This review by Philip Davies appeared in issue 119 of Montessori International over the summer. Read more about Montessori International here…
The author is an outdoor learning educator and Forest School practitioner and trainer. His aim with this book is to provide some basic knowledge and skills for both simple and advanced woodland craft, and what he has included comes from many hours “messing about in the woods”. He intends it for “…anyone, of any age, with a modicum of interest…”, and it will certainly be useful for both parents and their children and teachers and their pupils.
Divided into sections that the author intends to make the book as useful as possible, he also provides an introduction, a brief note on how to use the book and a two page spread detailing some basic “useful tools”.
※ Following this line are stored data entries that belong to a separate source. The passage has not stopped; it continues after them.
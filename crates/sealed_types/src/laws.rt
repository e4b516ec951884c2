// Laws of types that are sealed in a store.
ghost use Rattle.sealed_types.specs.Laws.{SealedTypesRestrict, SealedTypesCanBeAsked};

/// The elements of a type that is sealed in a store that is faithful to a site restrict as those of a presheaf, and may be asked for everywhere.
pub fn sealed_type_laws()
    ensures restrict { SealedTypesRestrict }
    ensures asked { SealedTypesCanBeAsked }
{}
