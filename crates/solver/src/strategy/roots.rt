//! Chooses the item to branch on at the root, by guesses of how much work each leaves.

ghost use Rattle.std.specs.Prelude.{◌≡◌, ◌≤◌};
ghost use Rattle.match_limits.specs.declared.TheConstants.{MOST_WORKERS};
ghost use Rattle.xcc_form.specs.Options.{cover_of};
ghost use Rattle.xcc_form.specs.Chosen.{IsUncovered};

use crate::strategy::dives::Effort;
use crate::strategy::guesses::{Guesses, MOST_PLANS, plans_by};
use crate::strategy::images::image_of_pair;
use crate::strategy::orbits::Orbits;
use crate::strategy::plans::{Plan, Planner};
use match_limits::{MOST_DEPTH, MOST_WORKERS};
use std::alloc::{AllocError, Global};
use std::thread::Threads;
use xcc_dance::OpenSets;
use xcc_form::OpenOptions;

// How many choices are made for a first guess of a plan's nodes.
const FIRST_CHOICES: u64 = 4_096;

// Where the plan is guessed to have fewer nodes than this, no other item is looked for, and no deeper plan.
const FEW_NODES: u64 = 10_000;

// Where the plan is guessed to have several times this number of nodes, the numbers of choices below are taken as many
// times, at most `MOST_TIMES` times.
const NODES_OF_ONE_TIME: u64 = 1 << 20;

const MOST_TIMES: u64 = 16;

// How many choices are made for each item at first.
const ITEM_CHOICES: u64 = 256;

// For how many items whole plans are made at last, with `PLAN_CHOICES` choices for each.
const FINALISTS: usize = 4;

const PLAN_CHOICES: u64 = 4_096;

// How many choices are made for the best of them, and for the plan that it is to replace.
const LAST_CHOICES: u64 = 16_384;

// How often the items are halved at most; this leaves few of as many items as there may be.
const MOST_ROUNDS: u8 = 4;

// An item, and what it is ranked by: less is better.
#[derive(Clone, Copy)]
struct Ranked {
    by: u64,
    item: u32,
}

// What items at the root are compared by.
#[derive(Drop)]
struct Comparison<'a, R: Threads + Sync> {
    rt: &'a R,
    workers: u8,
    planner: Planner<'a>,
    // what the dives so far took; at first a guess
    effort: Effort,
    // how many guesses of plans were made
    round: u8,
    // how many times as many choices are made
    times: u64,
    ghost some: { 1 ≤ workers },
    ghost few: { workers ≤ MOST_WORKERS },
}

impl<'a, R: Threads + Sync> Comparison<'a, R> {
    // A comparison that has begun with nothing, on one worker.
    fn new(rt: &'a R, planner: Planner<'a>) -> Comparison<'a, R>
        ensures { result.workers ≡ 1 }
    {
        Comparison {
            rt,
            workers: 1,
            planner,
            effort: Effort::guessed(planner.xcc.cells()),
            round: 0,
            times: 1,
        }
    }

    // How many nodes the lemmas of this plan have together, by the few dives of a first guess.
    fn first_guess(&mut self, plan: &Plan) -> Result<u64, AllocError>
        ensures { self.new.workers ≡ self.old.workers }
    {
        let guesses = self.guess(std::slice::from_ref(plan), FIRST_CHOICES)?;
        Ok(guesses.first().copied().unwrap_or(0))
    }

    // How many nodes the lemmas of each of these plans have together, by dives with about `choices` choices for each
    // plan, taken `self.times` times.
    fn guess(&mut self, plans: &[Plan], choices: u64) -> Result<Vec<u64>, AllocError>
        ensures { self.new.workers ≡ self.old.workers }
    {
        let guesses = Guesses {
            planner: self.planner,
            plans,
            choices: choices.saturating_mul(self.times),
            effort: self.effort,
            round: self.round,
        };
        let (nodes, effort) = guesses.guess(self.rt, self.workers)?;
        self.effort.add(effort);
        self.round = self.round.wrapping_add(1);
        Ok(nodes)
    }

    // The items that may be taken in place of this one, as many as are compared: those with the fewest options, where
    // options that are images of each other count once. Of items that symmetries take to each other it is the least.
    fn other_items(
        &self,
        than: u32,
        engine: &OpenSets<'_>,
        orbits: &mut Orbits,
    ) -> Result<Vec<u32>, AllocError> {
        let mut ranked = Vec::new(self.planner.alloc);
        let mut next = engine.next_item(None);
        while let Some(item) = next {
            if item != than && self.is_least(engine, item) {
                let by = orbits_of(engine, item, orbits);
                ranked.push(Ranked { by, item })?;
            }
            next = engine.next_item(Some(item));
        }
        best_of(self.planner.alloc, ranked, MOST_PLANS)
    }

    // Whether no symmetry takes the item to a lesser one. It looks where the first open option goes.
    fn is_least(&self, engine: &OpenSets<'_>, item: u32) -> bool
        requires { IsUncovered (cover_of engine.now.compiled) engine.now.chosen item }
    {
        let xcc = self.planner.xcc;
        let Some(option) = engine.next_option(item, None) else {
            return true;
        };
        let pair = engine.xcc().pair(option);
        let is_cell = item < u32::from(xcc.cells());
        for symmetry in self.planner.symmetries {
            if let Some(image) = image_of_pair(symmetry, pair) {
                let is_lower = if is_cell {
                    image.cell < pair.cell
                } else {
                    image.placement.tile < pair.placement.tile
                };
                if is_lower {
                    return false;
                }
            }
        }
        true
    }

    // The items to compare with this one, by the engine and the orbits of the puzzle.
    fn items_beside(&self, than: u32) -> Result<Vec<u32>, AllocError> {
        let planner = self.planner;
        let engine = OpenSets::new(planner.alloc, planner.xcc)?;
        let mut orbits = Orbits::new(planner.alloc, planner.xcc, planner.symmetries)?;
        self.other_items(than, &engine, &mut orbits)
    }

    // The few of these items for which plans of one level are guessed to have least.
    fn few_of(&mut self, items: Vec<u32>) -> Result<Vec<u32>, AllocError> {
        let mut few = items;
        let mut choices = ITEM_CHOICES;
        for _ in 0..MOST_ROUNDS {
            if few.len() > FINALISTS {
                few = self.better_half(&few, choices)?;
                choices = choices.saturating_mul(2);
            }
        }
        Ok(few)
    }

    // The better half of these items, by plans of one level and about `choices` choices for each plan, taken
    // `self.times` times.
    fn better_half(&mut self, items: &[u32], choices: u64) -> Result<Vec<u32>, AllocError> {
        let plans = plans_by(self.rt, self.planner, items, 1, self.workers)?;
        let guesses = self.guess(&plans, choices)?;
        let ranked = ranked_by(self.planner.alloc, items, &guesses)?;
        best_of(self.planner.alloc, ranked, (items.len() / 2).max(FINALISTS))
    }

    // The plan by the item of these whose plan is guessed to have least.
    fn best_plan(&mut self, items: &[u32], depth: u8) -> Result<Option<Plan>, AllocError> {
        let plans = plans_by(self.rt, self.planner, items, depth, self.workers)?;
        let guesses = self.guess(&plans, PLAN_CHOICES)?;
        let mut best = None;
        let mut least = u64::MAX;
        for (plan, nodes) in plans.into_iter().zip(guesses) {
            if nodes < least {
                least = nodes;
                best = Some(plan);
            }
        }
        Ok(best)
    }

    // The other plan, if it is guessed to have less than two thirds of this one's nodes, or else this one.
    fn better_of(&mut self, plan: Plan, other: Plan) -> Result<Plan, AllocError> {
        let plans = [plan, other];
        let guesses = self.guess(&plans, LAST_CHOICES)?;
        let is_better = match guesses.as_slice() {
            [most, nodes] => nodes.saturating_mul(3) < most.saturating_mul(2),
            _ => false,
        };
        let [plan, other] = plans;
        Ok(if is_better { other } else { plan })
    }

    // The plan, which is by this item at the root, or one by another item, with which there are guessed to be much
    // fewer nodes. It is asked on one worker whether another item is looked for, and compared by all of them.
    fn best_beside(
        &mut self,
        plan: Plan,
        item: u32,
        depth: u8,
        workers: u8,
    ) -> Result<Plan, AllocError>
        requires workers { (1 ≤ workers) × (workers ≤ MOST_WORKERS) }
    {
        let nodes = self.first_guess(&plan)?;
        if nodes < FEW_NODES {
            return Ok(plan);
        }
        self.workers = workers;
        self.times = (nodes / NODES_OF_ONE_TIME).max(1).min(MOST_TIMES);
        let others = self.items_beside(item)?;
        let few = self.few_of(others)?;
        match self.best_plan(&few, depth)? {
            Some(other) => self.better_of(plan, other),
            None => Ok(plan),
        }
    }
}

// How many options an item has that are no images of each other.
fn orbits_of(engine: &OpenSets<'_>, item: u32, orbits: &mut Orbits) -> u64
    requires { IsUncovered (cover_of engine.now.compiled) engine.now.chosen item }
{
    orbits.start();
    let mut count: u64 = 0;
    let mut next = engine.next_option(item, None);
    while let Some(option) = next {
        if orbits.meet(option) {
            count = count.saturating_add(1);
        }
        next = engine.next_option(item, Some(option));
    }
    count
}

// These items, each ranked by the guess for it.
fn ranked_by(alloc: Global, items: &[u32], guesses: &[u64]) -> Result<Vec<Ranked>, AllocError> {
    let mut ranked = Vec::new(alloc);
    for (item, by) in items.iter().zip(guesses) {
        ranked.push(Ranked {
            by: *by,
            item: *item,
        })?;
    }
    Ok(ranked)
}

// The best `most` of these items, or all if there are fewer; of two that are as good the lesser one first.
fn best_of(alloc: Global, ranked: Vec<Ranked>, most: usize) -> Result<Vec<u32>, AllocError> {
    let mut ranked = ranked;
    ranked.sort_unstable_by_key(|ranked| (ranked.by, ranked.item));
    ranked.truncate(most);
    let mut items = Vec::new(alloc);
    for ranked in &ranked {
        items.push(ranked.item)?;
    }
    Ok(items)
}

// A plan of at most `depth` levels, which is at most 3. Where the planner's rule takes an item of its own at the root,
// it may be by another item, with which there are guessed to be much fewer nodes. The plan is the same for any number
// of workers.
pub fn plan_by_dives<R: Threads + Sync>(
    rt: &R,
    planner: Planner<'_>,
    depth: u8,
    workers: u8,
) -> Result<Plan, AllocError>
    requires workers { (1 ≤ workers) × (workers ≤ MOST_WORKERS) }
{
    let plan = planner.plan(depth)?;
    let Some(item) = planner.item_rule.root else {
        return Ok(plan);
    };
    let mut comparison = Comparison::new(rt, planner);
    comparison.best_beside(plan, item, depth, workers)
}

// The depth that suits a puzzle: the greatest where there are symmetries and a plan of one level is guessed to have many
// nodes, and 1 otherwise. A deeper plan has more of what may be cited, and each of its lemmas has a line.
pub fn depth_that_suits<R: Threads + Sync>(rt: &R, planner: Planner<'_>) -> Result<u8, AllocError> {
    if planner.symmetries.is_empty() {
        return Ok(1);
    }
    let plan = planner.plan(1)?;
    let nodes = Comparison::new(rt, planner).first_guess(&plan)?;
    Ok(if nodes < FEW_NODES { 1 } else { MOST_DEPTH })
}
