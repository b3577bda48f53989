//! Plans for several items, and guesses of how many nodes each plan leaves: jobs of a crew. Each job's dives have
//! random numbers of their own, so the results don't depend on how many workers there are.

ghost use Rattle.std.specs.Prelude.{◌≤◌};
ghost use Rattle.match_limits.specs.declared.TheConstants.{MOST_WORKERS};

use crate::strategy::dives::{Citable, Dives, Effort};
use crate::strategy::items::ItemRule;
use crate::strategy::plans::{Plan, Planner};
use std::alloc::AllocError;
use std::thread::Threads;
use steal_crew::{Work, run_crew};
use xcc_dance::OpenSets;

// What the random numbers begin with. It is always the same, so that a solve can be repeated.
const SEED: u64 = 2000;

// The most plans that are made or guessed at once.
pub const MOST_PLANS: usize = 24;

// How many jobs a guess of a plan's nodes is cut into, so that no worker is left alone with a large one.
const PARTS: u32 = 8;

// The plans by each of these items at the root: a job for each.
#[derive(Clone, Copy)]
struct Plannings<'a, 'i> {
    planner: Planner<'a>,
    items: &'i [u32],
    depth: u8,
}

impl<'a, 'i> Work for Plannings<'a, 'i> {
    ghost use Rattle.std.specs.Prelude.{◌<◌, length};

    type R = Plan;

    ghost accepts = { λ w n. n < length w.items.now };

    ghost gives = { λ _ _ _. Unit {0} };

    fn one(&self, number: u32) -> Result<Plan, AllocError> {
        let mut planner = self.planner;
        planner.item_rule = ItemRule::at_root(self.items[number as usize]);
        planner.plan(self.depth)
    }
}

// The plans of `depth` levels by each of these items, in their order.
pub fn plans_by<R: Threads + Sync>(
    rt: &R,
    planner: Planner<'_>,
    items: &[u32],
    depth: u8,
    workers: u8,
) -> Result<Vec<Plan>, AllocError>
    requires workers { (1 ≤ workers) × (workers ≤ MOST_WORKERS) }
{
    let plannings = Plannings {
        planner,
        items,
        depth,
    };
    let count = items.len().min(MOST_PLANS) as u32;
    let (plans, _) = run_crew(rt, planner.alloc, &plannings, count, workers)?.into_parts();
    Ok(plans)
}

// What a part of the guess of a plan's nodes came to.
#[derive(Clone, Copy)]
pub struct PartGuess {
    nodes: u64,
    effort: Effort,
}

// Guesses of these plans' nodes by dives: a job for each part of each.
#[derive(Clone, Copy)]
pub struct Guesses<'a, 'p> {
    pub planner: Planner<'a>,
    pub plans: &'p [Plan],
    // about how many options are chosen on the dives of each plan
    pub choices: u64,
    // what dives are taken to take
    pub effort: Effort,
    // how many guesses of plans were made before
    pub round: u8,
}

impl<'a, 'p> Guesses<'a, 'p> {
    // Random numbers of its own for this part.
    fn dives(&self, plan: &Plan, part: u32) -> Dives {
        let planner = self.planner;
        let item = u64::from(plan.item_rule.root.unwrap_or(0));
        let own = (item << 16) | (u64::from(self.round) << 8) | u64::from(part);
        Dives::new(planner.alloc, planner.xcc.cells(), (SEED << 48) ^ own)
    }

    // The nodes of the lemmas whose numbers leave the rest `part` where they are divided by the number of parts,
    // guessed by new dives, and what these took.
    fn part(&self, plan: &Plan, part: u32) -> Result<PartGuess, AllocError> {
        let mut engine = OpenSets::new(self.planner.alloc, self.planner.xcc)?;
        let mut dives = self.dives(plan, part);
        let nodes = self.nodes_of(plan, part, &mut engine, &mut dives)?;
        Ok(PartGuess {
            nodes,
            effort: dives.effort,
        })
    }

    // The nodes of the lemmas whose numbers leave the rest `part` where they are divided by the number of parts,
    // guessed by these dives from the root.
    fn nodes_of(
        &self,
        plan: &Plan,
        part: u32,
        engine: &mut OpenSets<'_>,
        dives: &mut Dives,
    ) -> Result<u64, AllocError> {
        let each = self
            .effort
            .dives_for_each(plan.prefixes.len() as u64, self.choices);
        let mut nodes: u64 = 0;
        if part == 0 {
            nodes = self.at_root(plan, engine, dives, each)?;
        }
        let mut lemma: u32 = 0;
        for prefix in &plan.prefixes {
            lemma = lemma.saturating_add(1);
            if lemma % PARTS == part {
                let citable = Citable::above(&plan.images, lemma, prefix);
                let below = dives.nodes_below(engine, prefix, &citable, each)?;
                nodes = nodes.saturating_add(below);
            }
        }
        Ok(nodes)
    }

    // The nodes of the lemma of the root, guessed by `each` dives below each child that no other lemma stands for.
    fn at_root(
        &self,
        plan: &Plan,
        engine: &mut OpenSets<'_>,
        dives: &mut Dives,
        each: u64,
    ) -> Result<u64, AllocError> {
        let mut planner = self.planner;
        planner.item_rule = plan.item_rule;
        let citable = Citable::above(&plan.images, 0, &[]);
        let children = planner.children(&[])?;
        let mut nodes: u64 = 0;
        for child in &children {
            let below = match plan.images.cite_any(child, 0) {
                Some(_) => 1,
                None => dives.nodes_below(engine, child, &citable, each)?,
            };
            nodes = nodes.saturating_add(below);
        }
        Ok(nodes)
    }

    // About how many nodes the lemmas of each plan have together, and what the dives took for it.
    pub fn guess<R: Threads + Sync>(
        &self,
        rt: &R,
        workers: u8,
    ) -> Result<(Vec<u64>, Effort), AllocError>
        requires workers { (1 ≤ workers) × (workers ≤ MOST_WORKERS) }
    {
        let alloc = self.planner.alloc;
        let count = self.plans.len().min(MOST_PLANS) as u32 * PARTS;
        let (parts, _) = run_crew(rt, alloc, self, count, workers)?.into_parts();
        let mut nodes = Vec::new(alloc);
        let mut effort = Effort::none();
        for parts in parts.chunks(PARTS as usize) {
            let guess = sum_of(parts);
            nodes.push(guess.nodes)?;
            effort.add(guess.effort);
        }
        Ok((nodes, effort))
    }
}

impl<'a, 'p> Work for Guesses<'a, 'p> {
    type R = PartGuess;

    ghost accepts = { λ _ _. Unit {0} };

    ghost gives = { λ _ _ _. Unit {0} };

    fn one(&self, number: u32) -> Result<PartGuess, AllocError> {
        match self.plans.get((number / PARTS) as usize) {
            Some(plan) => self.part(plan, number % PARTS),
            None => Ok(sum_of(&[])),
        }
    }
}

// All parts together.
fn sum_of(parts: &[PartGuess]) -> PartGuess {
    let mut nodes: u64 = 0;
    let mut effort = Effort::none();
    for part in parts {
        nodes = nodes.saturating_add(part.nodes);
        effort.add(part.effort);
    }
    PartGuess { nodes, effort }
}
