//! Guesses how many nodes a search has, by dives (D. E. Knuth, Estimating the efficiency of backtrack programs, 1975).
//!
//! A dive goes from a node down to a leaf, and at each node takes one of the children at random. It assumes that the
//! other children have as many nodes below them as that one. So for a node it guesses one, plus the number of its
//! children times the guess for the child that was taken. The mean of many dives comes near to the true number.

ghost use Rattle.std.specs.Prelude.{◌≡◌, IfSome};
ghost use Rattle.xcc_form.specs.Options.{cover_of};
ghost use Rattle.xcc_form.specs.Clashes.{IsOpen};

use crate::strategy::images::PrefixImages;
use match_puzzle::Pair;
use rand_core::{Rng, SeedableRng};
use rand_xoshiro::Xoshiro256PlusPlus;
use std::alloc::{AllocError, Global};
use xcc_form::{OpenOptions, open_option, option_behind, uncovered_item};

// The lemmas that a search may cite: those numbered above its own.
#[derive(Clone, Copy)]
pub struct Citable<'a> {
    images: &'a PrefixImages,
    number: u32,
    // whether the prefix of its own lemma holds an image of such a lemma, so that each node does
    prefix_holds: bool,
}

impl<'a> Citable<'a> {
    // Those above the lemma with this number and this prefix.
    pub fn above(images: &'a PrefixImages, number: u32, prefix: &[Pair]) -> Citable<'a> {
        Citable {
            images,
            number,
            prefix_holds: images.cite_any(prefix, number).is_some(),
        }
    }

    // Whether one stands for the child at which these pairs are placed.
    fn has_one_for(&self, placed: &[Pair]) -> bool {
        let cite = self
            .images
            .cite_child(placed, self.number, self.prefix_holds);
        cite.is_some()
    }
}

// How many dives were made, and how many options were chosen on them.
#[derive(Clone, Copy)]
pub struct Effort {
    dives: u64,
    choices: u64,
}

impl Effort {
    pub fn none() -> Effort {
        Effort {
            dives: 0,
            choices: 0,
        }
    }

    // What one dive takes, before any was made: it goes through half the cells.
    pub fn guessed(cells: u16) -> Effort {
        Effort {
            dives: 1,
            choices: u64::from(cells) / 2,
        }
    }

    pub fn add(&mut self, other: Effort) {
        self.dives = self.dives.saturating_add(other.dives);
        self.choices = self.choices.saturating_add(other.choices);
    }

    // How many dives to make below each of `lemmas` lemmas, so that all together take about `choices` choices, where a
    // dive takes as many as these did; at least 1.
    pub fn dives_for_each(&self, lemmas: u64, choices: u64) -> u64 {
        let dives = choices.saturating_mul(self.dives);
        let for_one = self.choices.max(1).saturating_mul(lemmas.max(1));
        (dives / for_one.max(1)).max(1)
    }
}

// What dives are made with.
#[derive(Drop)]
pub struct Dives {
    random: Xoshiro256PlusPlus,
    // what is placed, in the order of placing
    placed: Vec<Pair>,
    // the most levels that a tree has
    levels: u16,
    // what the dives so far took
    pub effort: Effort,
    // how many of them filled all cells
    pub full: u64,
}

impl Dives {
    // Dives for a puzzle of `cells` cells, with random numbers from this seed.
    pub fn new(alloc: Global, cells: u16, seed: u64) -> Dives {
        Dives {
            random: Xoshiro256PlusPlus::seed_from_u64(seed),
            placed: Vec::new(alloc),
            levels: cells,
            effort: Effort::none(),
            full: 0,
        }
    }

    // How many nodes there are below these pairs, as `dives` dives guess it; 0 where one of the pairs doesn't fit.
    pub fn nodes_below<E: OpenOptions>(
        &mut self,
        engine: &mut E,
        pairs: &[Pair],
        citable: &Citable<'_>,
        dives: u64,
    ) -> Result<u64, AllocError>
        ensures { engine.new ≡ engine.old }
    {
        let Some((pair, others)) = pairs.split_first() else {
            return self.mean(engine, citable, dives);
        };
        let Some(option) = option_at(engine, *pair) else {
            return Ok(0);
        };
        self.placed.push(*pair)?;
        engine.choose(option)?;
        let nodes = self.nodes_below(engine, others, citable, dives);
        engine.undo();
        self.placed.pop();
        nodes
    }

    // The mean number of nodes that `dives` dives guess from where the engine is.
    fn mean<E: OpenOptions>(
        &mut self,
        engine: &mut E,
        citable: &Citable<'_>,
        dives: u64,
    ) -> Result<u64, AllocError>
        ensures { engine.new ≡ engine.old }
    {
        self.effort.add(Effort { dives, choices: 0 });
        let mut sum: u64 = 0;
        for _ in 0..dives {
            let nodes = self.dive(engine, citable, self.levels)?;
            sum = sum.saturating_add(nodes);
        }
        Ok(sum / dives.max(1))
    }

    // One dive of at most `levels` levels.
    fn dive<E: OpenOptions>(
        &mut self,
        engine: &mut E,
        citable: &Citable<'_>,
        levels: u16,
    ) -> Result<u64, AllocError>
        ensures { engine.new ≡ engine.old }
    {
        let Some(item) = engine.branch_item() else {
            self.full = self.full.saturating_add(1);
            return Ok(1);
        };
        let children = engine.size(item);
        if children == 0 || levels == 0 {
            return Ok(1);
        }
        let Some(option) = option_behind(engine, item, self.random.next_u32() % children) else {
            return Ok(1);
        };
        self.placed.push(engine.xcc().pair(option))?;
        let below = if citable.has_one_for(&self.placed) {
            1
        } else {
            engine.choose(option)?;
            self.effort.add(Effort {
                dives: 0,
                choices: 1,
            });
            let nodes = self.dive(engine, citable, levels - 1);
            engine.undo();
            nodes?
        };
        self.placed.pop();
        Ok(below.saturating_mul(u64::from(children)).saturating_add(1))
    }
}

// The option of this pair, if it is open.
fn option_at<E: OpenOptions>(engine: &E, pair: Pair) -> Option<u32>
    ensures { let s = E.selection engine.now in IfSome result (IsOpen (cover_of s.compiled) s.chosen) }
{
    let item = uncovered_item(engine, u32::from(pair.cell))?;
    open_option(engine, item, engine.xcc().option_of(pair)?)
}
The first section is “Choosing your wood”, which briefly introduces the readers/user to four types of woodland – hazel, willow, birch and elder – illustrated by black-and-white photos and with notes on past uses of each type of wood and how to identify them and, with the exception of birch, how to coppice them. This is followed by a section of “useful knots and lashings”.
There are pages on creating things like a hazel mask, a night torch and a staff, and sections on making frames and simple structures or fashioning a triangle, the latter going on to show hos basic triangles can be combined to make things like a tetrahedral step ladder or lantern.
The author’s illustrations are commendably clear and well-drawn, giving a good sense of the possibilities of the woodland activities you can get the children involved in. Furthermore the book has a good stout hardcover that should help preserve it as it is taken around outside.